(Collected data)
____

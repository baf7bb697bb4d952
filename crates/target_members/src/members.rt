// The members of an attempt, by its writes.
ghost use Rattle.std.specs.Prelude.{◌≡◌, ◌<◌, ◌≤◌, ◌++◌, All, IfOk, IfSome, OnOk};
ghost use Rattle.std.specs.List.{range_with_len};
ghost use Rattle.base_types.specs.Operations.{write_path};
ghost use Rattle.base_types.specs.Placement.{ClassFits, groups, groups_members, members, path_members, writes_members};
ghost use Rattle.world_base.specs.Commits as commit;

use base_types::epoch::TargetId;
use base_types::id::ObjId;
use base_types::items::Memory;
use base_types::operation::MinorWrite;
use base_types::path::Path;
use daos_class::class::Placed;
use daos_class::place::members;
use dtx_table::bits::with_target;
use std::alloc::Global;

// The members of a group of an object follow other targets.
fn push_group(
    alloc: Global,
    all: &mut Vec<TargetId>,
    obj: ObjId,
    group: u8,
    targets: u8,
) -> Result<(), Memory>
    requires fits { ClassFits obj.class targets }
    requires within { group < groups obj.class targets }
    ensures { OnOk result (all.new.items ≡ all.old.items ++ members obj group targets) }
{
    let members = members(alloc, obj, group, targets)?;
    all.extend_from_slice(members.as_slice())?;
    Ok(())
}

// The members of all groups of an object do.
fn push_object(
    alloc: Global,
    all: &mut Vec<TargetId>,
    obj: ObjId,
    targets: u8,
) -> Result<(), Memory>
    requires fits { ClassFits obj.class targets }
    ensures { OnOk result (all.new.items ≡ all.old.items ++ groups_members obj (range_with_len 0 (groups obj.class targets)) targets) }
{
    let count = obj.class.groups(targets);
    for group in 0..count {
        push_group(alloc, all, obj, group, targets)?;
    }
    Ok(())
}

// The members of the groups that a path touches do.
#[tactic(auto, unfolding(base_types::specs::Placement::path_members))]
fn push_path(alloc: Global, all: &mut Vec<TargetId>, path: &Path, targets: u8) -> Result<(), Memory>
    requires fits { IfSome path.now.obj (λ o. ClassFits o.class targets) }
    ensures { OnOk result (all.new.items ≡ all.old.items ++ path_members path.now targets) }
{
    let Some(obj) = path.obj else {
        return Ok(());
    };
    match &path.dkey {
        None => push_object(alloc, all, obj, targets),
        Some(dkey) => {
            let group = obj.class.group_of(dkey, targets);
            push_group(alloc, all, obj, group, targets)
        }
    }
}

// The members of the groups that writes touch.
fn writes_members(
    alloc: Global,
    writes: &[MinorWrite],
    targets: u8,
) -> Result<Vec<TargetId>, Memory>
    requires fit { All (λ w. IfSome (write_path w.write).obj (λ o. ClassFits o.class targets)) writes.now }
    ensures { IfOk result (λ all. all.items ≡ writes_members writes.now targets) }
{
    let mut all = Vec::new(alloc);
    for write in writes {
        push_path(alloc, &mut all, write.write.path(), targets)?;
    }
    Ok(all)
}

// One bit for each of these targets.
fn bits_of(targets: &[TargetId]) -> u64
    requires few { All (λ t. t < 64) targets.now }
    ensures { result ≡ commit.bits_of targets.now }
{
    let mut bits = 0;
    let mut i = targets.len();
    while i > 0 {
        i -= 1;
        bits = with_target(bits, targets[i]);
    }
    bits
}

/// The members of an attempt with these writes, one bit for each target, on so many targets, which all
/// their classes fit.
///
/// # Errors
///
/// For want of memory.
pub fn members_of(alloc: Global, writes: &[MinorWrite], targets: u8) -> Result<u64, Memory>
    requires few { targets ≤ 64 }
    requires fit { All (λ w. IfSome (write_path w.write).obj (λ o. ClassFits o.class targets)) writes.now }
    ensures { IfOk result (λ all. all ≡ commit.bits_of (writes_members writes.now targets)) }
{
    let all = writes_members(alloc, writes, targets)?;
    Ok(bits_of(&all))
}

____

(TASK INSTRUCTIONS): Lines with the word "TargetId": copy each one from the data above.

(OUTPUT OF THE EXERCISE):
use base_types::epoch::TargetId;
    all: &mut Vec<TargetId>,
    all: &mut Vec<TargetId>,
fn push_path(alloc: Global, all: &mut Vec<TargetId>, path: &Path, targets: u8) -> Result<(), Memory>
) -> Result<Vec<TargetId>, Memory>
fn bits_of(targets: &[TargetId]) -> u64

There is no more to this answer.